To overcome these limitations a new BD xlator with following
improvements is suggested.
* New hybrid BD xlator that handles both regular files and block device
files
* The volume will have both POSIX and BD bricks. Regular files are
created on POSIX bricks, block devices are created on the BD brick (VG)
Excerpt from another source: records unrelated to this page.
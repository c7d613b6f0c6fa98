// The elimination: its own layer, which knows nothing of lines.
#![tactic(auto)]

pub mod call;
pub mod columns;
pub mod equation;
pub mod progress;
pub mod refusal;
pub mod room;
pub mod round;
pub mod table;
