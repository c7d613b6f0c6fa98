// The table: a row for each unknown, end to end. Its rows are parts by their ends: of what was written through `chunks_exact_mut`,
// std's contracts say only how long it is, and a row may have no columns.
ghost use Rattle.std.specs.Prelude.{◌≡◌, true, ◌*◌, ◌≤◌, ◌<◌, length};
ghost use Rattle.row.specs.Row.{all_in_limit};
ghost use Rattle.row.specs.Judged.{judged, judged_of};
ghost use Rattle.row.specs.Table.{start as start_table};
ghost use Rattle.elimination_rules.specs.Round.{swap, swaps};
ghost use Rattle.elimination.specs.Requires.{Swappable};

use whole::number::PastLimit;

/// Each unknown equal to itself.
pub fn start(table: &mut [i32], w: usize, v: usize)
    requires { (length table.old ≡ v * w) × (v ≤ w) }
    ensures { table.new ≡ start_table w v }
{
    for j in 0..v {
        row::change::itself(&mut table[j * w..(j + 1) * w], j);
    }
}

/// The row with unknown j replaced; one that has none of it costs no pass.
pub fn swap_row(r: &mut [i32], q: &[i32], j: usize) -> Result<(), PastLimit>
    requires { (all_in_limit r.old ≡ true) × (length q.now ≡ length r.old) × (j < length r.old) }
    ensures { judged (swap j q.now r.old) ≡ judged_of result r.new }
{
    let f = r[j];
    if f == 0 {
        return Ok(());
    }
    row::change::less(r, q, f)
}

/// Every row with unknown j replaced, up to the first past the limit.
pub fn swap_rows(table: &mut [i32], q: &[i32], j: usize, v: usize) -> Result<(), PastLimit>
    requires { Swappable v j table.old q.now }
    ensures { judged (swaps v j q.now table.old) ≡ judged_of result table.new }
{
    let w = q.len();
    for i in 0..v {
        swap_row(&mut table[i * w..(i + 1) * w], q, j)?;
    }
    Ok(())
}
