// The columns that V leaves unused.
ghost use Rattle.std.specs.Prelude.{◌≡◌, ◌*◌, ◌≤◌, length};
ghost use Rattle.whole.specs.Place.{found_of};
ghost use Rattle.elimination_rules.specs.Call.{unused as rule_unused, first_used};

/// Whether columns v to u - 1 of the row are 0.
fn unused(r: &[i32], u: usize, v: usize) -> bool
    requires { (v ≤ u) × (u ≤ length r.now) }
    ensures { result ≡ rule_unused u v r.now }
{
    row::test::all_zero(&r[v..u])
}

/// The lowest of the equations, of w numbers each, with something in a column that is not used.
pub fn first_used(es: &[i32], w: usize, u: usize, v: usize, count: usize) -> Option<usize>
    requires { (length es.now ≡ count * w) × (v ≤ u) × (u ≤ w) }
    ensures { first_used u v w count 0 es.now ≡ found_of result }
{
    // Parts by their ends: an equation may have no columns, which `chunks_exact` doesn't take.
    (0..count).find(|&i| !unused(&es[i * w..(i + 1) * w], u, v))
}
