// What the caller hears where the work is refused.
ghost use Rattle.std.specs.Prelude.{◌≡◌, ℕ, ◌<◌};
ghost use Rattle.elimination.specs.Refusals.{number_of, place_of, number_some, told_apart as refusals_apart, stopped_as};

use crate::progress::{Stop, Stopped};
use std::error::Error;
use std::fmt;

/// What every refusal has: document 01's number of it, which is never 0, and a place.
pub trait Refuses: Copy {
    ghost number: { Self → ℕ };

    ghost place: { Self → ℕ };

    fn number(self) -> u32
        ensures { result ≡ number self };

    fn place(self) -> usize
        ensures { result ≡ place self };

    ghost never_zero: { (r : Self) → 0 < number r };

    ghost told_apart: { (r s : Self) → number r ≡ number s → place r ≡ place s → r ≡ s };
}

/// Why the call refuses; those with a place have the equation's.
#[derive(Clone, Copy, Debug, PartialEq, Eq)]
pub enum Refusal {
    /// V is over 24.
    TooManyUnknowns,
    /// The length is not a multiple of 32.
    UnevenLength,
    /// A column from V to 23 is nonzero.
    UnusedColumn(usize),
    /// The lent table is below 32V numbers.
    TableTooShort,
    /// A number passed the limit.
    Wide(usize),
    /// The equation has no solution with those before it.
    Clash(usize),
}

impl Refuses for Refusal {
    ghost number = { number_of };

    ghost place = { place_of };

    fn number(self) -> u32 {
        match self {
            Refusal::TooManyUnknowns => 3,
            Refusal::UnevenLength => 4,
            Refusal::UnusedColumn(_) => 5,
            Refusal::TableTooShort => 8,
            Refusal::Wide(_) => 9,
            Refusal::Clash(_) => 10,
        }
    }

    fn place(self) -> usize {
        match self {
            Refusal::UnusedColumn(equation) | Refusal::Wide(equation) | Refusal::Clash(equation) =>
                equation,
            Refusal::TooManyUnknowns | Refusal::UnevenLength | Refusal::TableTooShort => 0,
        }
    }

    ghost never_zero = { number_some };

    ghost told_apart = { refusals_apart };
}

// `?` needs one for each type of refusal: there is no blanket impl of a foreign trait.
impl From<Stopped> for Refusal {
    ghost from_gives = { λ stopped refusal. refusal ≡ stopped_as stopped };

    fn from(stopped: Stopped) -> Refusal {
        match stopped.why {
            Stop::Clash => Refusal::Clash(stopped.at),
            Stop::Wide => Refusal::Wide(stopped.at),
        }
    }
}

impl fmt::Display for Refusal {
    fn fmt<W: fmt::Write>(&self, f: &mut fmt::Formatter<W>) -> fmt::Result {
        match self {
            Refusal::TooManyUnknowns => f.write_str("more than 24 unknowns"),
            Refusal::UnevenLength => f.write_str("the length is not a multiple of 32"),
            Refusal::UnusedColumn(i) => write!(f, "equation {i} is nonzero in an unused column"),
            Refusal::TableTooShort => f.write_str("the lent table is too short"),
            Refusal::Wide(i) => write!(f, "equation {i} passes the limit"),
            Refusal::Clash(i) => write!(f, "equation {i} clashes"),
        }
    }
}

impl Error for Refusal {}
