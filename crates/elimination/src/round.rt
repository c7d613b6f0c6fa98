// One round.
ghost use Rattle.std.specs.Prelude.{◌≡◌, true, ◌<◌, length};
ghost use Rattle.whole.specs.Division.{quotient};
ghost use Rattle.row.specs.Row.{all_in_limit};
ghost use Rattle.elimination_rules.specs.Round.{upright as upright_row, turn as rule_turn, round as rule_round};
ghost use Rattle.elimination.specs.Requires.{ReadyLists, Picked};
ghost use Rattle.elimination.specs.Room.{Ready, SameRoom};
ghost use Rattle.elimination.specs.Divided.{Divided};
ghost use Rattle.elimination.specs.Views.{turn_of};

use crate::progress::Stop;
use crate::room::Elimination;
use whole::number::PastLimit;

/// What a round comes to; a solved one has the free word.
#[derive(Clone, Copy, Debug, PartialEq, Eq)]
pub enum Turned {
    Holds,
    Solved(u64),
    Again,
}

/// "If its exponent p is negative, negate the whole equation".
pub fn upright(e: &mut [i32], j: usize)
    requires { (all_in_limit e.old ≡ true) × (j < length e.old) }
    ensures { e.new ≡ upright_row e.old j }
{
    if e[j] < 0 {
        row::change::negate(e);
    }
}

// The rounds are functions of slices, and the methods lend them the room. What calls itself is never inlined: if it took the room, LLVM
// would keep the room in memory, and know none of its widths.
/// e becomes the remainders by its number at j, made positive, which is returned, and q the quotients.
pub fn divide_by(e: &mut [i32], q: &mut [i32], j: usize) -> i32
    requires { (all_in_limit e.old ≡ true) × (length q.old ≡ length e.old) × Picked (length e.old) j e.old }
    ensures { Divided (upright_row e.old j) j result e.new q.new }
{
    upright(e, j);
    let p = e[j];
    row::change::divide(e, q, p);
    p
}

/// The round that picked j.
pub fn turn(
    table: &mut [i32],
    e: &mut [i32],
    q: &mut [i32],
    u: usize,
    v: usize,
    free: u64,
    j: usize,
) -> Result<Turned, Stop>
    requires { ReadyLists u v table.old e.old q.old × Picked u j e.old }
    ensures { rule_turn quotient u v table.old (upright_row e.old j) free j ≡ turn_of result table.new e.new }
{
    let p = divide_by(e, q, j);
    if row::test::all_zero(&e[..u]) {
        if !row::test::all_zero(&e[u..]) {
            return Err(Stop::Clash);
        }
        // Not by `?`: that the last round is judged too shows where this one value is edited.
        if let Err(PastLimit) = crate::table::swap_rows(table, q, j, v) {
            return Err(Stop::Wide);
        }
        return Ok(Turned::Solved(whole::word::without(free, j)));
    }
    e[j] = p;
    q[j] = 0;
    crate::table::swap_rows(table, q, j, v)?;
    Ok(Turned::Again)
}

/// One round of an equation over the first u columns' unknowns.
pub fn round(
    table: &mut [i32],
    e: &mut [i32],
    q: &mut [i32],
    u: usize,
    v: usize,
    free: u64,
) -> Result<Turned, Stop>
    requires { ReadyLists u v table.old e.old q.old }
    ensures { rule_round quotient u v table.old e.old free ≡ turn_of result table.new e.new }
{
    match row::smallest::smallest(&e[..u]) {
        Some(picked) => turn(table, e, q, u, v, free, picked.column),
        None if row::test::all_zero(&e[u..]) => Ok(Turned::Holds),
        None => Err(Stop::Clash),
    }
}

// `Ready` is asked for, and is no invariant of the room: an equation is judged after it was replaced.
impl Elimination<'_> {
    /// The equation, with its number at j made positive, is divided by that number, which is returned: `equation` becomes the
    /// remainders, and `quotients` the quotients.
    pub fn divide_by(&mut self, j: usize) -> i32
        requires { (all_in_limit self.old.equation.now ≡ true) × Picked (length self.old.equation.now) j self.old.equation.now }
        ensures divided { Divided (upright_row self.old.equation.now j) j result self.new.equation.now self.new.quotients.now }
        ensures table { self.new.table.now ≡ self.old.table.now }
        ensures sums { self.new.sums.now ≡ self.old.sums.now }
        ensures room { SameRoom self.old self.new }
    {
        let equation = &mut *self.equation;
        let quotients = &mut *self.quotients;
        divide_by(equation, quotients, j)
    }

    /// The round that picked j.
    pub fn turn(&mut self, free: u64, j: usize) -> Result<Turned, Stop>
        requires { Ready self.old × Picked self.old.unknown_columns j self.old.equation.now }
        ensures turned { rule_turn quotient self.old.unknown_columns self.old.unknowns self.old.table.now (upright_row self.old.equation.now j) free j ≡ turn_of result self.new.table.now self.new.equation.now }
        ensures sums { self.new.sums.now ≡ self.old.sums.now }
        ensures room { SameRoom self.old self.new }
    {
        let u = self.unknown_columns;
        let v = self.unknowns;
        let table = &mut *self.table;
        let equation = &mut *self.equation;
        let quotients = &mut *self.quotients;
        turn(table, equation, quotients, u, v, free, j)
    }

    /// One round.
    pub fn round(&mut self, free: u64) -> Result<Turned, Stop>
        requires { Ready self.old }
        ensures turned { rule_round quotient self.old.unknown_columns self.old.unknowns self.old.table.now self.old.equation.now free ≡ turn_of result self.new.table.now self.new.equation.now }
        ensures sums { self.new.sums.now ≡ self.old.sums.now }
        ensures room { SameRoom self.old self.new }
    {
        let u = self.unknown_columns;
        let v = self.unknowns;
        let table = &mut *self.table;
        let equation = &mut *self.equation;
        let quotients = &mut *self.quotients;
        round(table, equation, quotients, u, v, free)
    }
}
* BD xlator leverages exiting POSIX xlator for most POSIX calls and
hence sits above the POSIX xlator
* Block device file is differentiated from regular file by an extended
attribute
* The xattr 'user.glusterfs.bd' (BD_XATTR) plays a role in mapping a
posix file to Logical Volume (LV).
* When a client sends a request to set BD_XATTR on a posix file, a new
LV is created and mapped to posix file. So every block device will
have a representative file in POSIX brick with 'user.glusterfs.bd'
(BD_XATTR) set.
* Here after all operations on this file results in LV related
operations.
For example opening a file that has BD_XATTR set results in opening
the LV block device, reading results in reading the corresponding LV
block device.
When BD xlator gets request to set BD_XATTR via setxattr call, it
creates a LV and information about this LV is placed in the xattr of the
posix file. xattr "user.glusterfs.bd" used to identify that posix file
is mapped to BD.
Usage:
Server side:
[root@host1 ~]# gluster volume create bdvol host1:/storage/vg1_info?vg1 host2:/storage/vg2_info?vg2
It creates a distributed gluster volume 'bdvol' with Volume Group vg1
using posix brick /storage/vg1_info in host1 and Volume Group vg2 using
/storage/vg2_info in host2.
[root@host1 ~]# gluster volume start bdvol
Client side:
[root@node ~]# mount -t glusterfs host1:/bdvol /media
[root@node ~]# touch /media/posix
It creates regular posix file 'posix' in either host1:/vg1 or host2:/vg2 brick
[root@node ~]# mkdir /media/image
[root@node ~]# touch /media/image/lv1
It also creates regular posix file 'lv1' in either host1:/vg1 or
host2:/vg2 brick
[root@node ~]# setfattr -n "user.glusterfs.bd" -v "lv" /media/image/lv1
[root@node ~]#
Above setxattr results in creating a new LV in corresponding brick's VG
and it sets 'user.glusterfs.bd' with value 'lv:<default-extent-size'
[root@node ~]# truncate -s5G /media/image/lv1
It results in resizig LV 'lv1'to 5G
New BD xlator code is placed in xlators/storage/bd directory.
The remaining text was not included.